What are platforms in Finance ?
Just when you thought Fintech was all that the financial services industry was competing with, there comes a new kid in town, Platforms. This new business model emerging in finance brings together two or more groups, usually buyers and sellers, helping them to seamlessly transact. Platforms do not own the means of production but rather help facilitate the connection between parties.
Platforms are engineered with a foundation built on digital ecosystems. The financial industry has already seen this model with the advent of credit card companies – platforms that allow customers to have better access to credit. Platforms are now seeping deeper into banking territory aiming to get a piece of the profitable distribution side of the banking business. What could be worrying for the financial services sector, is platforms will now be able to create a one-stop-shop for financial products and services which could be at the centre of the customer journey while making big financial decisions.
In short: 7 Digital financial platforms facts & stats:
- 5 of the top 10 financial institutions are now platforms
- Platform-based institutions’ valuation continue to grow, by an average of 739% for Visa and Mastercard in 10 years
- Financial platforms are generating over twice as much revenue per employee than traditional institutions
- Financial platforms are generating 3x more profits per employee than traditional institutions
- Platform-based financial institutions have over 2x more consumers than non-platform institution
- Platform-based financial institutions have 65x more consumers per employee than non-platforms institution
- Platform-based financial institutions are valued over 10x more per employee than traditional FIs
5 of the top 10 financial institutions are now platforms
How has this decade of technological changes affected the world’s top 10 financial institutions?
By looking at the marketing valuation, the top 10 financial institutions changed drastically. Only 4 of the Top 10 financial institutions in 2010 remain at the top, whereas companies like Visa, Mastercard or Paypal, which leverage the platform business models, overthrew incumbent financial institutions.
Platform-based institutions’ valuation continue to grow, by an average of 739% for Visa and Mastercard in 10 years
The variation in marketing capitalisation is a strong indicator of success. By leveraging network effects, financial platforms can increase their efficiency in operations, or enter new markets quicker than their competitors, among other competitive advantages. Hence, the correlation between what the platform business model can achieve and their increased market valuation comes with no surprise.
Financial Platforms are generating over twice as much revenue per employee than traditional institutions
Closely linked to efficiency, the revenue generated per employee measures how successful companies are using their employees. By looking at financial incumbents, none of them pass the threshold of 0.5 M per employee, where by comparison, digital platforms are twice as successful. The key to success is not about employee efficiency, but the technology used behind the services provided: digital platforms.

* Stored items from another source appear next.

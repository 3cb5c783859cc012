// The answers of the calls, each as one number. A refusal comes as a number of any size, as C has it.
#![tactic(auto)]

ghost use Rattle.std.specs.Prelude.{◌≡◌, ◌<◌, ◌≤◌};
ghost use Rattle.lookup.specs.Lookup.{answer_of, numbers};
ghost use Rattle.scan.specs.Scan as scans;
ghost use Rattle.c_packing.specs.Packed.{packed, answer_number, packed_wake, packed_scan};

use lookup_level::Found;
use model::Tally;
use refusals::Refusal;
use scan::Scanned;

// Stamps stand above the count.
const STAMP_UNIT: u64 = 4294967296;

// Merges stand above the purged records, and the refusal above the merges.
const MERGES_UNIT: u64 = 4294967296;

const REFUSAL_UNIT: u64 = 1099511627776;

// Above every clock: there is none.
const NO_CLOCK: u64 = 9223372036854775808;

// The next docket, 'more' and the refusal of a scan stand above its count.
const NEXT_UNIT: u64 = 4294967296;

const MORE_UNIT: u64 = 281474976710656;

const SCAN_REFUSAL_UNIT: u64 = 72057594037927936;

// The answer of a lookup as one number, which has no room for a price.
pub fn pack_lookup(answer: Result<Option<Found<u32>>, u32>) -> u64
    ensures { result ≡ packed (answer_of answer) }
{
    match answer {
        Ok(Some(found)) => found.shown as u64 + STAMP_UNIT * found.stamp as u64,
        Ok(None) => 0,
        Err(refusal) => refusal as u64,
    }
}

// The price that goes beside it: 0 where the docket is absent or the lookup refused.
pub fn price_of(answer: Result<Option<Found<Tally>>, u32>) -> u32
    ensures { result ≡ (numbers (answer_of answer)).price }
{
    match answer {
        Ok(Some(found)) => found.shown.price,
        Ok(None) => 0,
        Err(_) => 0,
    }
}

// The numbers of a timed call's answer in one: purged in the lower half, merges from bit 32, the refusal from bit 40.
pub fn pack(refusal: u32, merges: u32, purged: u32) -> u64
    requires refusal_bound { refusal ≤ 255 }
    requires merges_bound { merges ≤ 255 }
    ensures { result ≡ answer_number (record { refusal = refusal; merges = merges; purged = purged }) }
{
    purged as u64 + MERGES_UNIT * merges as u64 + REFUSAL_UNIT * refusal as u64
}

// When to wake as one number: the clock, or bit 63 alone for none, or with the refusal below it.
pub fn pack_wake(answer: Result<Option<u64>, u32>) -> u64
    ensures { result ≡ packed_wake answer }
{
    match answer {
        Ok(Some(clock)) => clock,
        Ok(None) => NO_CLOCK,
        Err(refusal) => NO_CLOCK + refusal as u64,
    }
}

// The answer of a scan as one number.
pub fn pack_scanned(answer: Result<Scanned, Refusal>) -> u64
    requires { ((scans.numbers answer).count < 4294967296) × ((scans.numbers answer).next < 65536) }
    ensures { result ≡ packed_scan (scans.numbers answer) }
{
    match answer {
        Ok(
            Scanned {
                count,
                next: Some(docket),
            },
        ) => pack_scan(0, count, true, docket),
        Ok(Scanned { count, next: None }) => pack_scan(0, count, false, 0),
        Err(refusal) => pack_scan(refusal.number(), 0, false, 0),
    }
}

// The numbers of a scan's answer in one. 'More' and the next docket stand apart, as C has them.
pub fn pack_scan(refusal: u32, count: usize, more: bool, next: u32) -> u64
    requires { (count < 4294967296) × (next < 65536) × (refusal < 256) }
    ensures { result ≡ packed_scan (record { refusal = refusal; count = count; more = more; next = next }) }
{
    let more = if more { MORE_UNIT } else { 0 };
    count as u64 + NEXT_UNIT * next as u64 + more + SCAN_REFUSAL_UNIT * refusal as u64
}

Financial Platforms are generating 3x more profits per employee than traditional institutions
This second metric is also used to measure a company’s success as converting employee productivity into profitability is not an easy task. Following the path of Big Tech players, Visa, Mastercard or Ant Group can generate over £300,000 profits per employee. A number far to reach for traditional banks with legacy systems.
Platform-based financial institutions have over 2x more consumers than non-platform institution
How big can banks be? That’s a question we asked ourselves in 2020, and found out that technology is the ultimate enabler for scaling its client base. The Chinese fintech giant AntGroup has today more than 1.3 billion clients, compared to – only – 200 million bank customers for the renowned Citi group. By looking at the progression of Visa and Mastercard, we understand that financial players prefer acquiring “users” instead of “clients” which highlights the change in strategy when it comes to digital platforms.
It is important to note that it can be achieved only with the help of artificial intelligence, for example in order to save costs while still delivering outstanding customer service experiences.
Platform-based financial institutions have 65x more consumers per employee than non-platforms institution
The wave of digitisation that banking is seeing can be illustrated by the ratio of customers per employee. This graph tells us that by leveraging technologies, financial platforms enable the acquisition of more clients than incumbents, but also shows that today’s customers’ preferences are towards digital services (digital banks for instance), rather than traditional banking.
On average, traditional financial institutions have 14 times more employees than platforms one. Hence, platform-based institutions yield more value per employee, up to 10x more. Ant Group, has a market-cap-to-employee ratio of 26.1M compared to the $0.5m/employee of China Construction Bank. This simple but eye-opening comparison explains that digital platforms’ technology allows for exponential capitalisation of financial institutions.